ELSON: The Public Transport Council has the leeway to grant lower public transport fares by up to 5.7 percent. This was exciting news for commuters, who have been accustomed to fare hike after fare hike while service providers reap ever-increasing profit margins.

However, it looks like another fare hike is on the horizon instead, reading what PTC chairman Richard Magnus said in his latest blog post, stating that commuters have increasing demands so fares must be priced accordingly.

“It is no surprise that I have been asked if PTC will consider granting the full quantum for this Exercise. I need to do what is right for our commuters. I also need to do what is right for the PTOs. My colleagues and I in the PTC must find the right and proper balance”

Bearing in mind that a monthly adult travel card for buses (which is considered a concession card, and doesn’t include train rides) is priced at S$120, I’m unclear who he’s been talking to when he says public transport fares are affordable when he says this:

“At a recent meet up with some Choa Chu Kang residents, they have informed me that they spend about $60-$80 a month on public transport expenditure. They hope that fares would remain affordable.”

Has Mr Magnus been getting feedback from people who don’t go leave the house much?

Mr Magnus goes on to say that fare prices will be influenced by “volatile” energy prices. Erm, when energy prices shot up, commuters had to bear as sharp a burden. Now that they’re down, we don’t get any reprieve?

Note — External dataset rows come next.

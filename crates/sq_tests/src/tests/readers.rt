// Readers that give little at a time, or fail.
use std::io;
use std::io::{ErrorKind, Read};

/// A reader that gives a few bytes a call, and after the last one ends or fails.
#[derive(Drop)]
pub struct Drip<'a> {
    pub rest: &'a [u8],
    pub most: usize,
    pub fails: bool,
}

impl Read for Drip<'_> {
    fn read(&mut self, buf: &mut [u8]) -> io::Result<usize> {
        if self.rest.is_empty() && self.fails {
            return Err(io::Error::from(ErrorKind::BrokenPipe));
        }
        let most = buf.len().min(self.most);
        self.rest.read(&mut buf[..most])
    }
}

/// How many bytes a reader gives a call.
pub const SIZES: [usize; 4] = [1, 2, 7, 4096];
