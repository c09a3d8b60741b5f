// The parts of pictures.
use std::io;
use std::io::Write;

// The style of each class, in light and in dark, and the background.
const STYLE: &str = "\
<style>
svg { color: #1f2328; font: 12px sans-serif }
.ground { fill: #ffffff }
.free rect, .split rect, .rest rect { fill: none; stroke: currentColor }
.split rect { stroke-dasharray: 4 3 }
.rest { opacity: .35 }
.claimed rect { fill: #fff1b8; stroke: currentColor }
.partial rect { fill: #cfe5ff; stroke: currentColor }
.complete rect { fill: #c6efce; stroke: currentColor }
@media (prefers-color-scheme: dark) {
svg { color: #e6edf3 }
.ground { fill: #0d1117 }
.claimed rect { fill: #5c4a00 }
.partial rect { fill: #0b3d6e }
.complete rect { fill: #14532d }
}
text { fill: currentColor }
.end { text-anchor: end }
.middle { text-anchor: middle }
.owner { text-anchor: middle; fill: #ffffff; font-weight: bold }
.line { fill: none; stroke: currentColor }
.arrow { fill: currentColor; stroke: currentColor; stroke-width: 2 }
.even { fill: currentColor; opacity: .6 }
.odd { fill: currentColor; opacity: .25 }
</style>
<rect class=\"ground\" width=\"100%\" height=\"100%\"/>
";

/// Writes the start of a picture, up to its first shape: its size, its title, and the style of each
/// class.
pub(crate) fn write_start<W: Write>(
    writer: &mut W,
    width: usize,
    height: u128,
    title: &str,
) -> io::Result<()> {
    write!(
        writer,
        "<svg xmlns=\"http://www.w3.org/2000/svg\" viewBox=\"0 0 {width} {height}\" width=\"{width}\" height=\"{height}\" \
         role=\"img\">\n<title>{title}</title>\n"
    )?;
    writer.write_all(STYLE.as_bytes())
}

/// Writes `words` at a place, laid out by their class.
pub(crate) fn write_words<W: Write>(
    writer: &mut W,
    class: &str,
    x: u64,
    y: u64,
    words: &str,
) -> io::Result<()> {
    writeln!(
        writer,
        "<text class=\"{class}\" x=\"{x}\" y=\"{y}\">{words}</text>"
    )
}

/// Writes `number` at a place, after `words`.
pub(crate) fn write_number<W: Write>(
    writer: &mut W,
    class: &str,
    x: u64,
    y: u64,
    words: &str,
    number: u64,
) -> io::Result<()> {
    writeln!(
        writer,
        "<text class=\"{class}\" x=\"{x}\" y=\"{y}\">{words}{number}</text>"
    )
}

/// Writes the end of a picture. Fails if a write fails.
pub fn write_end<W: Write>(writer: &mut W) -> io::Result<()> {
    writer.write_all(b"</svg>\n")
}
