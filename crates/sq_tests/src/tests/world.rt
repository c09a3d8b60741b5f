// Whole runs through readers and writers that give or take little at a time, or fail. The other whole runs are stored in
// `tests/cases/run`.
use super::readers::{Drip, SIZES};
use sq_text::{InputFault, InputLine, WriteFault};
use sq_world::{Ending, ScriptManner, run};
use std::alloc::Global;
use std::io;
use std::io::{ErrorKind, Read, Write};
use std::test::Fail;

// A move of the root keys 4 to 7 from partition 0 to partition 1, with answers of each form. Its last line is cut off,
// and a chunk stays under way.
const INPUT: &[u8] = b"old {\"version\":1,\"partitions\":2,\"ranges\":[[0,4294967296,0]]}
new {\"version\":1,\"partitions\":2,\"ranges\":[[0,4,0],[4,8,1],[8,4294967296,0]]}
config 1 64 1
row 4 0 0 1 -
row 5 0 0 10 -
row 9 0 0 10 -
prepare 0
prepare 1
start
claim 0 1 2
txn 0 7 5 add 0 0 1
txn 0 6 9 put 1 7 3 6869 get 1 7 get 1 8 add 0 0 -3
txn 0 5 9 check 0 0 11
begin 0 1 2
txn 0 8 5 add 0 0 1
txn 1 9 5 add 0 0 1
cut 0 1
push 0 1
pop 0 1
load 0 1
cut 0 1
push 0";

// All that is written for it.
const OUTPUT: &[u8] = b"ok
ok
ok
ok
commit 7 11
commit 6 ok 3/6869 none 7
abort 5 0 small
ok
moved 8 1
waits 9 0 1
cut 0 0 1 4 5 more 1
ok
ok
load 0 0 1 4 5 more 1
cut 1 0 1 5 8 last 1
refused 230
end moving
at 0 9 1 0.0=7/- 1.7=3/6869
at 1 4 0 0.0=1/-
way 0 1 1 0 1 5 8 last 1
in 5 1 0.0=11/-
";

// Runs an input without echoes, to its end.
fn run_plainly<R: Read, W: Write>(
    alloc: Global,
    reader: &mut R,
    writer: &mut W,
) -> Result<Ending, WriteFault> {
    let manner = ScriptManner {
        echoes: false,
        strict: false,
    };
    run(alloc, reader, writer, manner, &mut None)
}

// A writer that takes at most `most` bytes a call, and fails after `calls` calls.
#[derive(Drop)]
struct Narrow {
    got: Vec<u8>,
    most: usize,
    calls: usize,
}

impl Narrow {
    // Counts a call.
    fn call(&mut self) -> io::Result<()> {
        if self.calls == 0 {
            return Err(io::Error::from(ErrorKind::BrokenPipe));
        }
        self.calls -= 1;
        Ok(())
    }
}

impl Write for Narrow {
    fn write(&mut self, buf: &[u8]) -> io::Result<usize> {
        self.call()?;
        let taken = buf.len().min(self.most);
        self.got.extend_from_slice(&buf[..taken])?;
        Ok(taken)
    }

    fn flush(&mut self) -> io::Result<()> {
        self.call()
    }
}

#[test]
fn short_reads_and_writes(rt: HostRuntime) -> Result<(), Fail> {
    for most in SIZES {
        let mut reader = Drip {
            rest: INPUT,
            most,
            fails: false,
        };
        let mut writer = Narrow {
            got: Vec::new(rt.alloc()),
            most: 3,
            calls: OUTPUT.len() * 2,
        };
        let ending = run_plainly(rt.alloc(), &mut reader, &mut writer)?;
        assert!(rt; ending == Ending::Done && ending.status() == 0);
        assert!(rt; writer.got.as_slice() == OUTPUT, "by {most}");
    }
    Ok(())
}

// What is written for what a reader gives, and how the run ends.
fn run_of<R: Read>(alloc: Global, reader: &mut R) -> Result<(Vec<u8>, Ending), Fail> {
    let mut output = Vec::new(alloc);
    let ending = run_plainly(alloc, reader, &mut output)?;
    Ok((output, ending))
}

// A reader that is interrupted twice before each read that another one makes.
#[derive(Drop)]
struct Interrupted<'a> {
    reader: Drip<'a>,
    times: u32,
}

impl Read for Interrupted<'_> {
    fn read(&mut self, buf: &mut [u8]) -> io::Result<usize> {
        if self.times < 2 {
            self.times += 1;
            return Err(io::Error::from(ErrorKind::Interrupted));
        }
        self.times = 0;
        self.reader.read(buf)
    }
}

// A read that is interrupted is made again, and what is written is the same.
#[test]
fn interrupted_reads(rt: HostRuntime) -> Result<(), Fail> {
    for most in SIZES {
        let mut reader = Interrupted {
            reader: Drip {
                rest: INPUT,
                most,
                fails: false,
            },
            times: 0,
        };
        let (output, ending) = run_of(rt.alloc(), &mut reader)?;
        assert!(rt;
            ending == Ending::Done && output.as_slice() == OUTPUT,
            "by {most}"
        );
    }
    Ok(())
}

// A header, and a script that takes a node, with all that is written for them.
const HEADER: &[u8] = b"old {\"version\":1,\"partitions\":2,\"ranges\":[[0,4294967296,0]]}
new {\"version\":1,\"partitions\":2,\"ranges\":[[0,4,0],[4,8,1],[8,4294967296,0]]}
config 1 64 1
row 5 0 0 10 -
";

const SCRIPT: &[u8] = b"prepare 0
prepare 1
start
claim 0 1 2
";

const ANSWERS: &[u8] = b"ok
ok
ok
ok
end moving
at 0 5 0 0.0=10/-
";

// The answers to the first lines of the script, and then the fault of a failed read.
fn answers_and_fault(alloc: Global, count: usize) -> Result<Vec<u8>, Fail> {
    let mut wanted = Vec::new(alloc);
    let mut left = count;
    for byte in ANSWERS {
        if left == 0 {
            break;
        }
        wanted.push(*byte)?;
        if *byte == b'\n' {
            left -= 1;
        }
    }
    wanted.extend_from_slice(b"fault 123\n")?;
    Ok(wanted)
}

// What is written where a read fails behind these bytes, and how the run ends.
fn run_failing(alloc: Global, given: &[u8], most: usize) -> Result<(Vec<u8>, Ending), Fail> {
    let mut reader = Drip {
        rest: given,
        most,
        fails: true,
    };
    run_of(alloc, &mut reader)
}

// The ending by a failed read in this line of the script, which follows the four lines of the header.
fn failed_at(line: u32) -> Ending {
    Ending::Fault(InputFault::ReadFailed.at(InputLine::Later(line.saturating_add(5))))
}

// The header with a script.
fn input_of(alloc: Global, script: &[u8]) -> Result<Vec<u8>, Fail> {
    let mut input = Vec::new(alloc);
    input.extend_from_slice(HEADER)?;
    input.extend_from_slice(script)?;
    Ok(input)
}

// How many lines end.
fn count_ends(text: &[u8]) -> usize {
    let mut count: usize = 0;
    for byte in text {
        if *byte == b'\n' {
            count = count.saturating_add(1);
        }
    }
    count
}

// Whether the lines of a script that ended are answered where a read fails behind it, and the fault belongs to the line behind
// them.
fn is_answered(alloc: Global, script: &[u8]) -> Result<bool, Fail> {
    let ended = count_ends(script);
    let input = input_of(alloc, script)?;
    let (output, ending) = run_failing(alloc, &input, 4096)?;
    let line = u32::try_from(ended).unwrap_or(u32::MAX);
    Ok(ending == failed_at(line) && output == answers_and_fault(alloc, ended)?)
}

#[test]
fn readers_that_fail_in_a_script(rt: HostRuntime) -> Result<(), Fail> {
    for length in 0..=SCRIPT.len() {
        assert!(rt;
            is_answered(rt.alloc(), &SCRIPT[..length])?,
            "after {length}"
        );
    }
    Ok(())
}

// A header that isn't complete has the fault alone. The read fails before and after the end of each line, and at every sixteenth
// byte.
#[test]
fn readers_that_fail_in_a_header(rt: HostRuntime) -> Result<(), Fail> {
    for length in 0..HEADER.len() {
        let ends = HEADER[length] == b'\n' || HEADER[length.saturating_sub(1)] == b'\n';
        if ends || length % 16 == 0 {
            let (output, ending) = run_failing(rt.alloc(), &HEADER[..length], 7)?;
            assert!(rt;
                ending.status() == 2 && output.as_slice() == b"fault 123\n".as_slice(),
                "after {length}"
            );
        }
    }
    Ok(())
}

#[test]
fn readers_without_end(rt: HostRuntime) -> Result<(), Fail> {
    let header =
        "old {\"version\":1,\"partitions\":1,\"ranges\":[[0,4294967296,0]]}\nnew {\"version\":1,\"partitions\":1,\"ranges\":[[0,4294967296,0]]}\nconfig 1 64 1\nprepare 0\n";
    let (output, ending) = run_of(rt.alloc(), &mut io::repeat(b'a'))?;
    assert!(rt; ending.status() == 2 && output.as_slice() == b"fault 231\n".as_slice());
    let mut endless = header.as_bytes().chain(io::repeat(b'a'));
    let (output, ending) = run_of(rt.alloc(), &mut endless)?;
    assert!(rt; ending == Ending::Fault(InputFault::TooLong.at(InputLine::Later(5))));
    assert!(rt; output.as_slice() == b"ok\nfault 122\n".as_slice());
    Ok(())
}

// How a run ends through a writer that takes at most `most` bytes a call and fails after `calls` calls, and what the writer got.
fn run_narrowly(
    alloc: Global,
    mut input: &[u8],
    most: usize,
    calls: usize,
) -> (Result<Ending, WriteFault>, Vec<u8>) {
    let mut writer = Narrow {
        got: Vec::new(alloc),
        most,
        calls,
    };
    let ending = run_plainly(alloc, &mut input, &mut writer);
    (ending, writer.got)
}

// Whether it fails, and the writer got the first of what is written otherwise.
fn fails_narrowly(alloc: Global, input: &[u8], most: usize, calls: usize, output: &[u8]) -> bool {
    let (ending, got) = run_narrowly(alloc, input, most, calls);
    ending == Err(WriteFault) && output.starts_with(&got)
}

// A call that fails ends the run, also in the middle of a text. Tries each call of a fault, and every seventh of a script's answers.
#[test]
fn writers_that_fail(rt: HostRuntime) {
    let fault = b"fault 101\n".as_slice();
    for calls in 0..5 {
        assert!(rt;
            fails_narrowly(rt.alloc(), b"old {\n", 3, calls, fault),
            "after {calls}"
        );
    }
    let (ending, got) = run_narrowly(rt.alloc(), b"old {\n", 3, 5);
    assert!(rt; ending.is_ok() && got.as_slice() == fault);
    for calls in 0..100 {
        if calls % 7 == 0 {
            assert!(rt;
                fails_narrowly(rt.alloc(), INPUT, 3, calls, OUTPUT),
                "after {calls}"
            );
        }
    }
    assert!(rt; WriteFault.number() == 124);
}

// The first step of the script, and what is written for the header with it.
const STEP: &[u8] = b"prepare 0\n";

const ANSWER: &[u8] = b"ok
end preparing
at 0 5 0 0.0=10/-
";

// Each call that a run makes of a writer that takes all that it is given fails once.
#[test]
fn writers_that_fail_at_each_call(rt: HostRuntime) -> Result<(), Fail> {
    let alloc = rt.alloc();
    let input = input_of(alloc, STEP)?;
    for calls in 0..100 {
        if !fails_narrowly(alloc, &input, usize::MAX, calls, ANSWER) {
            let (ending, got) = run_narrowly(alloc, &input, usize::MAX, calls);
            assert!(rt; ending == Ok(Ending::Done) && got.as_slice() == ANSWER);
            return Ok(());
        }
    }
    Err("no run went through")?
}
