// What moves, as JSON.
ghost use Rattle.std.specs.Prelude.{◌≡◌, Some, IfOk, map, string_bytes};
ghost use Rattle.serde_json.specs.Data.{array};
ghost use Rattle.serde_json.specs.Read.{read};
ghost use Rattle.serde_json.specs.View.{view, items_of};
ghost use Rattle.serde_json.specs.Written.{compact_text};
ghost use Rattle.sq_picture.specs.Json.{moved_range_data, segment_data, moves_data};

use serde_json::{Value, json};
use sq_moves::{Range, Recon};
use std::alloc::{AllocError, Global};

// Returns a reconfiguration range as JSON.
fn range_value(alloc: Global, range: Range) -> Result<Value, AllocError>
    ensures { IfOk result (λ value. view value ≡ moved_range_data range) }
{
    json!(in alloc; {"dst": range.dst.number(), "hi": range.hi, "lo": range.lo, "src": range.src.number()})
}

// Returns `ranges` as JSON, one for one.
fn ranges_value(alloc: Global, ranges: &[Range]) -> Result<Value, AllocError>
    ensures { IfOk result (λ value. view value
        ≡ array (items_of (map moved_range_data ranges.now))) }
{
    let mut values = Vec::with_capacity(alloc, ranges.len())?;
    for range in ranges {
        values.push_reserved(range_value(alloc, *range)?);
    }
    Ok(Value::Array(values))
}

// Returns a segment as JSON, with its stage.
fn segment_value(alloc: Global, recon: &Recon, segment: Range) -> Result<Value, AllocError>
    ensures { IfOk result (λ value. view value ≡ segment_data recon.now segment) }
{
    let stage = recon.stage_on(segment.src, segment.dst);
    json!(in alloc; {
        "dst": segment.dst.number(),
        "hi": segment.hi,
        "lo": segment.lo,
        "src": segment.src.number(),
        "stage": stage
    })
}

// Returns the segments as JSON, one for one.
fn segments_value(alloc: Global, recon: &Recon) -> Result<Value, AllocError>
    ensures { IfOk result (λ value. view value
        ≡ array (items_of (map (segment_data recon.now) recon.now.segments))) }
{
    let segments = recon.segments();
    let mut values = Vec::with_capacity(alloc, segments.len())?;
    for segment in segments {
        values.push_reserved(segment_value(alloc, recon, *segment)?);
    }
    Ok(Value::Array(values))
}

// Returns what moves as a JSON value.
fn moves_value(alloc: Global, recon: &Recon) -> Result<Value, AllocError>
    ensures { IfOk result (λ value. view value ≡ moves_data recon.now) }
{
    let ranges = ranges_value(alloc, recon.ranges())?;
    let segments = segments_value(alloc, recon)?;
    let stages = recon.stages();
    json!(in alloc; {"ranges": ranges, "segments": segments, "stages": stages})
}

/// Returns what moves in compact JSON: the ranges in key order, the segments in the order of their
/// numbers, each with its stage, and the number of stages. Reading the text returns this value
/// again. Fails only if memory runs out.
pub fn moves_json(alloc: Global, recon: &Recon) -> Result<String, AllocError>
    ensures compact { IfOk result (λ text. string_bytes text
        ≡ compact_text (moves_data recon.now)) }
    ensures reads_back { IfOk result (λ text. read (string_bytes text)
        ≡ Some (moves_data recon.now)) }
{
    moves_value(alloc, recon)?.to_string(alloc)
}
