// A split tree in one thread: which node covers a leaf, and what nodes read as while their pulls go on.
ghost use Rattle.std.specs.Prelude.{◌≡◌, ◌<◌, IsTrue};
ghost use Rattle.sq_moves.specs.Prelude.{is_node};

use sq_moves::{Leaf, NodeId, PlainTree, Reading};
use std::test::Fail;

fn node(number: u64) -> NodeId
    requires { IsTrue (is_node number) }
    ensures { result ≡ number }
{
    NodeId::new(number).unwrap()
}

fn leaf(number: u64) -> Leaf
    requires { number < 32 }
    ensures { result ≡ number }
{
    Leaf::new(number).unwrap()
}

// A tree whose whole segment and lower half are split.
fn split_tree() -> Result<PlainTree, Fail> {
    let mut tree = PlainTree::new();
    tree.split(NodeId::WHOLE)
        .ok()
        .ok_or("the whole segment isn't split")?;
    tree.split(node(2))
        .ok()
        .ok_or("the lower half isn't split")?;
    Ok(tree)
}

// A pull of a node, from its claim to its end.
fn pull_whole(tree: &mut PlainTree, node: NodeId, pull: u32) -> Result<(), Fail> {
    tree.claim(node, pull).ok().ok_or("not claimed")?;
    tree.begin(node, pull).ok().ok_or("not begun")?;
    tree.complete(node, pull).ok().ok_or("not completed")?;
    Ok(())
}

// What nodes 1, 2, 3 and 4 read as.
fn readings(tree: &PlainTree) -> [Reading; 4] {
    [1, 2, 3, 4].map(|number: u64| tree.reads(NodeId::new(number).unwrap_or(NodeId::WHOLE)))
}

#[test]
fn leaves_are_covered_by_the_nodes_that_are_split_last(rt: HostRuntime) -> Result<(), Fail> {
    let tree = split_tree()?;
    assert!(rt; tree.covering(leaf(0)) == node(4));
    assert!(rt; tree.covering(leaf(8)) == node(5));
    assert!(rt; tree.covering(leaf(31)) == node(3));
    Ok(())
}

#[test]
fn nodes_read_as_what_is_below_them(rt: HostRuntime) -> Result<(), Fail> {
    let mut tree = split_tree()?;
    assert!(rt; readings(&tree) == [Reading::NotStarted; 4]);
    tree.claim(node(4), 2).ok().ok_or("not claimed")?;
    tree.begin(node(4), 2).ok().ok_or("not begun")?;
    let begun = [
        Reading::Partial,
        Reading::Partial,
        Reading::NotStarted,
        Reading::Partial,
    ];
    assert!(rt; readings(&tree) == begun);
    tree.complete(node(4), 2).ok().ok_or("not completed")?;
    pull_whole(&mut tree, node(5), 4)?;
    let half = [
        Reading::Partial,
        Reading::Complete,
        Reading::NotStarted,
        Reading::Complete,
    ];
    assert!(rt; readings(&tree) == half);
    assert!(rt; !tree.all_complete());
    pull_whole(&mut tree, node(3), 6)?;
    assert!(rt; readings(&tree) == [Reading::Complete; 4]);
    assert!(rt; tree.all_complete());
    Ok(())
}
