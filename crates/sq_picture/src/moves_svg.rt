// What moves, as a picture.
ghost use Rattle.std.specs.Prelude.{◌≡◌, ◌<◌, ◌^◌};
ghost use Rattle.sq_picture.specs.Pictures.{begun_below};

use crate::svg::{write_end, write_number, write_start, write_words};
use sq_moves::{Range, Recon};
use sq_plan::PartId;
use std::io;
use std::io::Write;

// The number of columns side by side.
const ACROSS: usize = 6;

// The labels to the left of the first column of each line.
const NAMES: &str =
    "<text x=\"-88\" y=\"14\">root keys</text><text x=\"-88\" y=\"52\">old owner</text>\
                     <text x=\"-88\" y=\"124\">new owner</text><text x=\"-88\" y=\"154\">segments</text>\n";

/// Returns the height of a picture of `count` columns, with `lines` lines of text below them.
pub fn height_of(count: usize, lines: u64) -> u128
    ensures { result < 2 ^ 100 }
{
    40 + (count as u128 + (ACROSS as u128 - 1)) / ACROSS as u128 * 196 + u128::from(lines) * 20
}

/// Writes a picture of `count` columns, with `lines` lines of text below them, up to the first
/// column. Like the functions below, fails if a write fails.
pub fn write_top<W: Write>(writer: &mut W, count: usize, lines: u64) -> io::Result<()> {
    let width = 96 + count.min(ACROSS).max(3) * 160;
    write_start(writer, width, height_of(count, lines), "What moves")?;
    let heading = if count == 0 {
        "Nothing moves: each root key keeps its owner."
    } else {
        "Root keys that move: from the left number to before the right one. Not to scale."
    };
    write_words(writer, "start", 8, 24, heading)
}

/// Writes column number `i`, from 0, of a range, up to its segments.
pub fn write_column_head<W: Write>(writer: &mut W, i: usize, range: &Range) -> io::Result<()> {
    let x = 96 + i % ACROSS * 160;
    let y = 40 + i as u128 / ACROSS as u128 * 196;
    writeln!(writer, "<g transform=\"translate({x},{y})\">")?;
    if i % ACROSS == 0 {
        writer.write_all(NAMES.as_bytes())?;
    }
    let Range { lo, hi, src, dst } = *range;
    writeln!(
        writer,
        "<text y=\"14\">{lo}</text><text class=\"end\" x=\"144\" y=\"14\">{hi}</text><path class=\"line\" d=\"M.5 18v8m0-4h143m0-4v8\"/>"
    )?;
    write_owner(writer, src, 32)?;
    write_owner(writer, dst, 104)?;
    writer.write_all(b"<path class=\"arrow\" d=\"M72 70v20m-4 0h8l-4 7z\"/>\n")
}

// Writes a box at the height `top` with the number of a partition, in its colour: partitions of
// nearly one hue, which are 21 numbers apart, differ in lightness.
fn write_owner<W: Write>(writer: &mut W, part: PartId, top: u64) -> io::Result<()>
    requires { top < 1000 }
{
    let number = u64::from(part.number());
    let hue = number * 137 % 360;
    let light = 34u64.saturating_sub(number / 21 * 6);
    writeln!(
        writer,
        "<rect y=\"{top}\" width=\"144\" height=\"32\" rx=\"4\" fill=\"hsl({hue},45%,{light}%)\"/>"
    )?;
    write_number(writer, "owner", 72, top + 20, "partition ", number)
}

/// Counts the segments that begin below `key`.
pub fn begun_below(segments: &[Range], key: u64) -> usize
    ensures { result ≡ begun_below segments.now key }
{
    segments.iter().filter(|segment| segment.lo < key).count()
}

/// Writes the start of the axis of `count` segments, from number `first` on.
pub fn write_axis<W: Write>(writer: &mut W, first: usize, count: usize) -> io::Result<()> {
    writeln!(
        writer,
        "<svg y=\"144\" width=\"144\" height=\"10\" viewBox=\"{first} 0 {count} 10\" preserveAspectRatio=\"none\">"
    )
}

/// Writes segment number `seg` on the axis, up to the end of the number in its tooltip, which more
/// text may follow.
pub fn write_open_segment<W: Write>(writer: &mut W, seg: usize) -> io::Result<()> {
    // Neighbouring segments have two shades.
    let class = if seg % 2 == 0 { "even" } else { "odd" };
    write!(
        writer,
        "<rect class=\"{class}\" x=\"{seg}\" width=\"1\" height=\"10\"><title>segment {seg}"
    )
}

/// Writes the end of a segment on the axis.
pub fn write_segment_end<W: Write>(writer: &mut W) -> io::Result<()> {
    writer.write_all(b"</title></rect>\n")
}

/// Writes the first and the last number of the segments from `first` on and before `end`, and their
/// stage.
pub fn write_numbers<W: Write>(
    writer: &mut W,
    first: usize,
    end: usize,
    stage: u64,
) -> io::Result<()> {
    write_number(writer, "start", 0, 168, "", first as u64)?;
    write_number(writer, "middle", 72, 168, "stage ", stage)?;
    if end > first && end - first > 1 {
        write_number(writer, "end", 144, 168, "", end as u64 - 1)?;
    }
    Ok(())
}

/// Writes the end of a column.
pub fn write_column_end<W: Write>(writer: &mut W) -> io::Result<()> {
    writer.write_all(b"</g>\n")
}

// Writes column number `i`, from 0, of a range. Its segments are numbered in key order.
fn write_column<W: Write>(
    writer: &mut W,
    recon: &Recon,
    i: usize,
    range: &Range,
) -> io::Result<()> {
    write_column_head(writer, i, range)?;
    let first = begun_below(recon.segments(), range.lo);
    let end = begun_below(recon.segments(), range.hi);
    write_axis(writer, first, end.saturating_sub(first))?;
    for seg in first..end {
        write_open_segment(writer, seg)?;
        write_segment_end(writer)?;
    }
    write_end(writer)?;
    write_numbers(writer, first, end, recon.stage_on(range.src, range.dst))?;
    write_column_end(writer)
}

/// Writes what moves as an SVG picture: a column for each reconfiguration range, in key order and
/// not to scale, with its keys, its old and its new owner in the partitions' colours, an arrow from
/// one to the other, and its segments with their numbers and their stage. Six columns are side by
/// side.
pub fn write_moves_svg<W: Write>(writer: &mut W, recon: &Recon) -> io::Result<()> {
    write_top(writer, recon.ranges().len(), 0)?;
    for (i, range) in recon.ranges().iter().enumerate() {
        write_column(writer, recon, i, range)?;
    }
    write_end(writer)
}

The next thing affecting “optimal” fare prices is the need to “attract and retain our public transport bus captains and the maintenance, depot, systems and technical workers.”

This sounds reasonable, if we didn’t consider the double and triple digit millions in profit margins which our transport operators have been earning year-on-year. So, the fat cats in office don’t want to share their spoils and expect the men and women on the street to top up the difference?

And of course, there’s the reason that cost must be expended for better train service and reliability due to investment in rail system maintenance.

I think the best way for transport operators to cut costs is to focus exactly on that – reliability of the services – and not come up with some showy new toys which nobody really cares to use.

Like these USB ports on buses (which are so poorly-designed that using them is a challenge)

How about having transport operators fix the key problems in their core service of delivering efficient public transport first, before getting their money tied up in these new-fangled developments?

It’s like having babies – don’t put the procreation sex before the house.

I’m sorry, but if these are the reasons given, I find them sorry excuses to deny commuters a reasonable cut in fare prices.